Am 25. Juni äußerte der Labour-Abgeordnete Karl Turner seine Besorgnis: "Der Verlust unseres Bioethanolmarktes würde die Fähigkeit des Vereinigten Königreichs, den Netto-Nulltarif zu erreichen, ernsthaft beeinträchtigen und Gemeinden wie Hull in diesem Prozess zerstören".
Mögliche zukünftige Entwicklungen
In Vorbereitung auf einen möglichen Notfallplan beauftragt das Wirtschaftsministerium externe Berater mit der Bewertung von Optionen für Vivergo. Dieser Schritt steht im Einklang mit dem Ziel der Regierung, bis 2030 sicherzustellen, dass 10% des Flugkraftstoffs aus nachhaltigen Quellen stammen, unter denen Bioethanol eine Schlüsselkomponente ist.

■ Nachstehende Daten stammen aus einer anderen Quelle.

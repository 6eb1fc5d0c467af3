// Stations, records and their rules: document 01's "Units and stations" and "Records".

#![tactic(auto)]

ghost use Rattle.std.specs.Prelude.{◌≡◌};
ghost use Rattle.network.specs.Refusals.{record_refusal_no};

mod as_words;
mod constructors;
mod opening;
mod places;
mod record_codec;
mod records;
mod rules;
mod stations;
mod unit;

pub use as_words::{kind_word, station_words};
pub use constructors::{baseline_of, height_of, position_of};
pub use opening::{coordinates_fit, network_fits, network_of, open_no, opens};
pub use places::{place_words, record_at};
pub use record_codec::{baseline_in, record_in, record_words};
pub use records::{
    acts_in, from_of, is_empty, is_position, joins_of, misclosures_of, observations_of, to_of,
    weight_matrix_of, weights_of,
};
pub use rules::{ends_fit, judge_record, judge_record_over, record_fits, record_fits_over};
pub use stations::{
    components_of, coordinate_in, coordinates_of, number_of, numbers_of, unknown_in, unknowns_of,
};
pub use unit::Unit;

// What a station's components are: held in all three, unknown in all three, or unknown in U alone.
#[derive(Clone, Copy)]
pub enum Kind {
    Known,
    Free,
    Height,
}

// A station with its provisional coordinates.
#[derive(Clone, Copy)]
pub struct Station {
    pub kind: Kind,
    pub east: i64,
    pub north: i64,
    pub up: i64,
}

// The station list of a book: `count` stations, the rest blank.
// Stays: 32 stations with their count, since the memory is fixed (no heap), and `network_of` and the bytes of a book have this form.
#[derive(Clone, Copy)]
pub struct Network {
    pub count: usize,
    pub stations: [Station; Unit::STATIONS],
}

// A GNSS baseline, antenna to antenna: stations by number, observed differences (to minus from), its symmetric 3×3 weight matrix, and the heights of the antennas above their marks.
// Stays: the weights are fields of their own, here and in Position: document 01 names that form, weights as separate fields and no arrays inside.
#[derive(Clone, Copy)]
pub struct Baseline {
    pub from: i64,
    pub to: i64,
    pub east: i64,
    pub north: i64,
    pub up: i64,
    pub ee: i64,
    pub en: i64,
    pub eu: i64,
    pub nn: i64,
    pub nu: i64,
    pub uu: i64,
    // The heights of the antennas, from first.
    pub hf: i64,
    pub ht: i64,
}

// A levelled height difference.
#[derive(Clone, Copy)]
pub struct Level {
    pub from: i64,
    pub to: i64,
    pub up: i64,
    pub weight: i64,
}

// The position of a mark, with its uncertainty: the station by number, observed coordinates, and the symmetric 3×3 weight matrix.
#[derive(Clone, Copy)]
pub struct Position {
    pub station: i64,
    pub east: i64,
    pub north: i64,
    pub up: i64,
    pub ee: i64,
    pub en: i64,
    pub eu: i64,
    pub nn: i64,
    pub nu: i64,
    pub uu: i64,
}

// What a place holds.
#[derive(Clone, Copy)]
pub enum Record {
    Empty,
    Baseline(Baseline),
    Height(Level),
    Position(Position),
}

// Why a record is refused: 3 to 6 of document 01's table.
#[derive(Clone, Copy)]
pub enum RecordRefusal {
    // 3: an end is not in the list, or the ends are equal.
    Ends,
    // 4: a value or a weight is out of range.
    Range,
    // 5: the weights are no matrix by the rules.
    Matrix,
    // 6: the misclosure is too large.
    Misclosure,
}

impl From<RecordRefusal> for u64 {
    ghost from_gives = { λ refusal n. n ≡ record_refusal_no refusal };

    fn from(refusal: RecordRefusal) -> u64 {
        match refusal {
            RecordRefusal::Ends => 3,
            RecordRefusal::Range => 4,
            RecordRefusal::Matrix => 5,
            RecordRefusal::Misclosure => 6,
        }
    }
}

// Document 01's place: where a record stands in the book.
#[derive(Clone, Copy)]
pub struct Place {
    pub entry: Record,
}
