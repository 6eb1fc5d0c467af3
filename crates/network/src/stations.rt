// The tables over the 96 components of a station list: component q is component q % 3 (E, N, U) of station q / 3.
ghost use Rattle.std.specs.Prelude.{◌≡◌, ◌<◌, ◌≤◌};
ghost use Rattle.network.specs.Units.{most_components, most_unknowns};
ghost use Rattle.network.specs.Stations.{unknown_in, unknown, unknown_table, number, index_table, component_of, coordinate_in, coordinate_fits, coordinate, coordinates};
ghost use Rattle.integers.specs.Tables.{tabulate};

use super::{Kind, Station, Unit};

// 1 where the kind leaves component c unknown.
#[tactic(auto, unfolding(crate::specs::Stations::unknown_in))]
pub fn unknown_in(k: Kind, c: usize) -> usize
    ensures { result ≡ unknown_in k c }
{
    match k {
        Kind::Known => 0,
        Kind::Free => 1,
        Kind::Height => { if c == 2 { 1 } else { 0 } }
    }
}

// 1 where component q is unknown.
#[tactic(auto, unfolding(crate::specs::Stations::unknown))]
fn unknown_at(stations: &[Station; Unit::STATIONS], q: usize) -> usize
    requires { q < most_components }
    ensures { result ≡ unknown stations.now q }
{
    unknown_in(stations[q / 3].kind, q % 3)
}

// 1 at each unknown component, 0 at each held one.
pub fn unknowns_of(stations: [Station; Unit::STATIONS]) -> [i64; Unit::COMPONENTS]
    ensures { result ≡ unknown_table stations }
{
    let mut out = [0i64; Unit::COMPONENTS];
    for q in 0..Unit::COMPONENTS {
        out[q] = unknown_at(&stations, q) as i64;
    }
    out
}

// The number of each unknown, from 0, and 0 at a held component.
pub fn numbers_of(stations: [Station; Unit::STATIONS]) -> [usize; Unit::COMPONENTS]
    ensures { result ≡ index_table stations }
{
    let mut out = [0usize; Unit::COMPONENTS];
    let mut n = 0;
    for q in 0..Unit::COMPONENTS {
        let b = unknown_at(&stations, q);
        out[q] = b * n;
        n += b;
    }
    out
}

// How many unknowns stand before component q: the number of an unknown q, and of all of them where q is 96.
pub fn number_of(stations: [Station; Unit::STATIONS], q: usize) -> usize
    requires { q ≤ most_components }
    ensures { result ≡ number stations q }
{
    let mut n = 0;
    for i in 0..q {
        n += unknown_at(&stations, i);
    }
    n
}

// The component of each unknown, by its number, and 96 beyond the last.
pub fn components_of(stations: [Station; Unit::STATIONS]) -> [usize; Unit::UNKNOWNS]
    ensures { result ≡ tabulate most_unknowns (component_of stations) }
{
    let mut out = [Unit::COMPONENTS; Unit::UNKNOWNS];
    let mut n = 0;
    for q in 0..Unit::COMPONENTS {
        let b = unknown_at(&stations, q);
        if b == 1 && n < Unit::UNKNOWNS {
            out[n] = q;
        }
        n += b;
    }
    out
}

// The provisional coordinate in component c.
#[tactic(auto, unfolding(crate::specs::Stations::coordinate_in))]
pub fn coordinate_in(x: Station, c: usize) -> i64
    ensures { result ≡ coordinate_in x c }
{
    match c {
        0 => x.east,
        1 => x.north,
        _ => x.up,
    }
}

// A coordinate, provisional or of a position, is in range.
pub(crate) fn coordinate_fits(v: i64) -> bool
    ensures { result ≡ coordinate_fits v }
{
    v.unsigned_abs() <= Unit::COORDINATE
}

// The provisional coordinate at component q.
#[tactic(auto, unfolding(crate::specs::Stations::coordinate))]
pub(crate) fn coordinate_at(stations: &[Station; Unit::STATIONS], q: usize) -> i64
    requires { q < most_components }
    ensures { result ≡ coordinate stations.now q }
{
    coordinate_in(stations[q / 3], q % 3)
}

// The provisional coordinates.
pub fn coordinates_of(stations: [Station; Unit::STATIONS]) -> [i64; Unit::COMPONENTS]
    ensures { result ≡ coordinates stations }
{
    let mut out = [0i64; Unit::COMPONENTS];
    for q in 0..Unit::COMPONENTS {
        out[q] = coordinate_at(&stations, q);
    }
    out
}
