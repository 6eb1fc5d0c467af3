// A record's shape, ends, weights and misclosures: what its observation equations are made of.
ghost use Rattle.std.specs.Prelude.{◌≡◌, true, cond, ◌≤◌, ◌<◌, pos, nat_abs};
ghost use Rattle.integers.specs.Tables.{Within};
ghost use Rattle.network.specs.Units.{most_stations, most_components, most_coordinate, most_observed, most_height_above_mark};
ghost use Rattle.network.specs.Records.{observations, acts, is_empty, is_position, from_of, to_of, joins, weight_matrix_of, weights, reduced_up, reduced, misclosure_at, misclosures};
ghost use Rattle.network.specs.Rules.{in_range};
ghost use Rattle.network.specs.RecordLaws.{Observed};

use super::{Baseline, Record, Unit};
use weights::WeightMatrix;

// How many components a record observes.
#[tactic(auto, unfolding(crate::specs::Records::observations))]
pub fn observations_of(r: Record) -> usize
    ensures { result ≡ observations r }
{
    match r {
        Record::Empty => 0,
        Record::Baseline(_) => 3,
        Record::Height(_) => 1,
        Record::Position(_) => 3,
    }
}

// Whether it acts in component c.
#[tactic(auto, unfolding(crate::specs::Records::acts, crate::specs::Records::acts_of))]
pub fn acts_in(r: Record, c: usize) -> bool
    ensures { result ≡ acts c r }
{
    match observations_of(r) {
        0 => false,
        1 => c == 2,
        _ => true,
    }
}

#[tactic(auto, unfolding(crate::specs::Records::is_empty, crate::specs::Records::observations))]
pub fn is_empty(r: Record) -> bool
    ensures { result ≡ is_empty r }
{
    matches!(r, Record::Empty)
}

// Whether it is a position, at which a chain of test 2 may end.
#[tactic(auto, unfolding(crate::specs::Records::is_position))]
pub fn is_position(r: Record) -> bool
    ensures { result ≡ is_position r }
{
    matches!(r, Record::Position(_))
}

// The index of the station at the from end, 32 where the record's number is no station's. A position stands at one station, which is both.
#[tactic(auto, unfolding(crate::specs::Records::from_of))]
pub fn from_of(r: Record) -> usize
    ensures { result ≡ from_of r }
{
    match r {
        Record::Empty => 0,
        Record::Baseline(b) => words::index_in(b.from, Unit::STATIONS),
        Record::Height(h) => words::index_in(h.from, Unit::STATIONS),
        Record::Position(p) => words::index_in(p.station, Unit::STATIONS),
    }
}

// Stays: `to_of` is its twin but for one field; a record of both ends would have to give an empty place ends, and `Level` and `Position` have none in common.
// The same at the to end.
#[tactic(auto, unfolding(crate::specs::Records::to_of))]
pub fn to_of(r: Record) -> usize
    ensures { result ≡ to_of r }
{
    match r {
        Record::Empty => 0,
        Record::Baseline(b) => words::index_in(b.to, Unit::STATIONS),
        Record::Height(h) => words::index_in(h.to, Unit::STATIONS),
        Record::Position(p) => words::index_in(p.station, Unit::STATIONS),
    }
}

// 1 where the record has a from end.
#[tactic(auto, unfolding(crate::specs::Records::joins))]
pub fn joins_of(r: Record) -> i64
    ensures { result ≡ joins r }
{
    match r {
        Record::Empty => 0,
        Record::Baseline(_) => 1,
        Record::Height(_) => 1,
        Record::Position(_) => 0,
    }
}

// The weights as a symmetric 3×3 matrix; of a height difference the one weight at U.
pub fn weight_matrix_of(r: Record) -> WeightMatrix
    ensures { result ≡ weight_matrix_of r }
{
    match r {
        Record::Empty => WeightMatrix {
            ee: 0,
            en: 0,
            eu: 0,
            nn: 0,
            nu: 0,
            uu: 0,
        },
        Record::Baseline(b) => WeightMatrix {
            ee: b.ee,
            en: b.en,
            eu: b.eu,
            nn: b.nn,
            nu: b.nu,
            uu: b.uu,
        },
        Record::Height(h) => WeightMatrix {
            ee: 0,
            en: 0,
            eu: 0,
            nn: 0,
            nu: 0,
            uu: h.weight,
        },
        Record::Position(p) => WeightMatrix {
            ee: p.ee,
            en: p.en,
            eu: p.eu,
            nn: p.nn,
            nu: p.nu,
            uu: p.uu,
        },
    }
}

// The same by rows.
#[tactic(auto, unfolding(crate::specs::Records::weights))]
pub fn weights_of(r: Record) -> [i64; 9]
    ensures { result ≡ weights r }
{
    let w = weight_matrix_of(r);
    [w.ee, w.en, w.eu, w.en, w.nn, w.nu, w.eu, w.nu, w.uu]
}

// The U difference of a baseline from mark to mark.
#[tactic(auto, unfolding(crate::specs::Records::reduced_up))]
pub fn reduced_up(b: Baseline) -> i64
    requires { (nat_abs b.up ≤ most_observed) × (nat_abs b.hf ≤ most_height_above_mark) × (nat_abs b.ht ≤ most_height_above_mark) }
    ensures { result ≡ reduced_up b }
{
    b.up + b.hf - b.ht
}

// The differences from mark to mark in E, N, U; of a position its coordinates.
#[tactic(auto, unfolding(crate::specs::Records::reduced))]
fn reduced_of(r: Record) -> [i64; 3]
    requires { in_range r ≡ true }
    ensures { result ≡ reduced r }
{
    match r {
        Record::Empty => [0, 0, 0],
        Record::Baseline(b) => {
            let up = reduced_up(b);
            [b.east, b.north, up]
        }
        Record::Height(h) => [0, 0, h.up],
        Record::Position(p) => [p.east, p.north, p.up],
    }
}

// Reduced minus the provisional difference in component a between the stations f and t; 0 of a record that does not act there. g is 1 where there is a from end.
fn misclosure(
    coordinate: &[i64; Unit::COMPONENTS],
    f: usize,
    t: usize,
    g: i64,
    a: usize,
    acts: bool,
    reduced: i64,
) -> i64
    requires { (f < most_stations) × (t < most_stations) × (nat_abs g ≤ 1) × (a < 3) × (nat_abs reduced ≤ most_observed) × Within most_components most_coordinate coordinate.now }
    ensures { result ≡ cond acts (misclosure_at coordinate.now f t g a reduced) (pos 0) }
{
    if !acts {
        return 0;
    }
    let i = f * 3 + a;
    let j = t * 3 + a;
    reduced - (coordinate[j] - g * coordinate[i])
}

// Reduced minus the provisional differences, in E, N, U; 0 where the record observes nothing.
pub fn misclosures_of(coordinate: &[i64; Unit::COMPONENTS], r: Record) -> [i64; 3]
    requires { Observed coordinate.now r }
    ensures { result ≡ misclosures coordinate.now r }
{
    let f = from_of(r);
    let t = to_of(r);
    let g = joins_of(r);
    let d = reduced_of(r);
    let e = acts_in(r, 0);
    let n = acts_in(r, 1);
    let u = acts_in(r, 2);
    let x = misclosure(coordinate, f, t, g, 0, e, d[0]);
    let y = misclosure(coordinate, f, t, g, 1, n, d[1]);
    let z = misclosure(coordinate, f, t, g, 2, u, d[2]);
    [x, y, z]
}
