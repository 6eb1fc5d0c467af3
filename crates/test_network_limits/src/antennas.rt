// Document 02, request 4: the antenna heights, the observed U difference and the reduced one, each at its limits; and misclosures, which are of the reduced one.
use super::{judged, print_answer, print_baseline, print_fields};

// A baseline alike in E and N, of weight 100 in each component, with `en` in E and N.
fn weighted(from: i64, to: i64, plane: i64, up: i64, en: i64, hf: i64, ht: i64) {
    let observed = [plane, plane, up];
    let weights = [100, en, 0, 100, 0, 100];
    print_baseline(from, to, observed, weights);
    print_fields(&[hf, ht]);
    let b = network::baseline_of(from, to, observed, weights, [hf, ht]);
    print_answer(judged(b));
}

fn antennas(from: i64, to: i64, plane: i64, up: i64, hf: i64, ht: i64) {
    weighted(from, to, plane, up, 0, hf, ht);
}

// From station 1 to 3, 500,000,000 apart in each component, with these heights and this observed U difference.
fn to_third(hf: i64, ht: i64, up: i64) {
    antennas(1, 3, 500000000, up, hf, ht);
}

fn heights() {
    // from-height
    to_third(i64::MIN, 0, 500000000);
    to_third(-1, 0, 500000000);
    to_third(0, 0, 500000000);
    to_third(1, 0, 499999999);
    to_third(299999, 0, 499700001);
    to_third(300000, 0, 499700000);
    to_third(300001, 0, 499699999);
    to_third(i64::MAX, 0, 500000000);
    // to-height
    to_third(0, i64::MIN, 500000000);
    to_third(0, -1, 500000000);
    to_third(0, 1, 500000001);
    to_third(0, 299999, 500299999);
    to_third(0, 300000, 500300000);
    to_third(0, 300001, 500300001);
    to_third(0, i64::MAX, 500000000);
    // both
    to_third(300000, 300000, 500000000);
    to_third(300001, 300001, 500000000);
    to_third(-1, -1, 500000000);
    to_third(i64::MAX, i64::MAX, 500000000);
    to_third(i64::MIN, i64::MIN, 500000000);
    // exchanged
    to_third(150000, 50000, 499900000);
    to_third(50000, 150000, 499900000);
}

// Between the outermost stations: the reduced difference is out of range by the heights alone, or in range by them alone, in both directions.
fn reduced() {
    antennas(1, 2, 1000000000, 1000000000, 0, 0);
    antennas(1, 2, 1000000000, 1000000000, 1, 0);
    antennas(1, 2, 1000000000, 1000000000, 300000, 300000);
    antennas(1, 2, 1000000000, 1000000000, 300000, 299999);
    antennas(1, 2, 1000000000, 999700000, 300000, 0);
    antennas(1, 2, 1000000000, 999700001, 300000, 0);
    antennas(1, 2, 1000000000, 1000000001, 0, 0);
    antennas(1, 2, 1000000000, 1000000001, 0, 1);
    antennas(1, 2, 1000000000, i64::MAX, 300000, 0);
    antennas(1, 2, 1000000000, i64::MAX, 0, 300000);
    antennas(2, 1, -1000000000, -1000000000, 0, 0);
    antennas(2, 1, -1000000000, -1000000000, 0, 1);
    antennas(2, 1, -1000000000, -1000000000, 300000, 300000);
    antennas(2, 1, -1000000000, -1000000000, 299999, 300000);
    antennas(2, 1, -1000000000, -999700000, 0, 300000);
    antennas(2, 1, -1000000000, -999700001, 0, 300000);
    antennas(2, 1, -1000000000, -1000000001, 0, 0);
    antennas(2, 1, -1000000000, -1000000001, 1, 0);
    antennas(2, 1, -1000000000, i64::MIN, 0, 300000);
    antennas(2, 1, -1000000000, i64::MIN, 300000, 0);
}

// At the limits of a misclosure by the heights alone, in both directions.
fn misclosures() {
    to_third(0, 0, 500100000);
    to_third(1, 0, 500100000);
    to_third(0, 1, 500100001);
    to_third(0, 1, 500100002);
    to_third(0, 0, 499900000);
    to_third(0, 1, 499900000);
    to_third(1, 0, 499899999);
    to_third(1, 0, 499899998);
    to_third(300000, 0, 500000000);
    to_third(0, 300000, 500000000);
}

// Where several apply, the lowest number wins.
fn orders() {
    antennas(0, 3, 500000000, 500000000, -1, 0);
    antennas(1, 1, 0, 0, 0, 300001);
    weighted(1, 3, 500000000, 500000000, 100, 300001, 0);
    weighted(1, 3, 500000000, 500000000, 100, 300000, 0);
    weighted(1, 3, 500000000, 499700000, 99, 300000, 0);
    antennas(1, 3, 0, 500000000, 0, -1);
    antennas(1, 3, 0, 500000000, 0, 0);
}

pub(crate) fn run() {
    heights();
    reduced();
    misclosures();
    orders();
}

Sollten jedoch sowohl Vivergo als auch Ensus schließen, könnte das Vereinigte Königreich zunehmend von importiertem Bioethanol abhängig werden, was die heimischen Arbeitsplätze und Lieferketten gefährden würde. AB Foods hat bestätigt, dass der Kaufstopp für Weizen am 11. Juni begonnen hat, was die Dringlichkeit der Situation unterstreicht.
Das Ergebnis dieser Verhandlungen könnte nicht nur die Zukunft der Bioethanolerzeugung im Vereinigten Königreich bestimmen, sondern auch Tausende von Arbeitsplätzen in der gesamten landwirtschaftlichen Versorgungskette betreffen, was wiederum weitreichende wirtschaftliche Auswirkungen auf die von dieser Industrie abhängigen Regionen hat.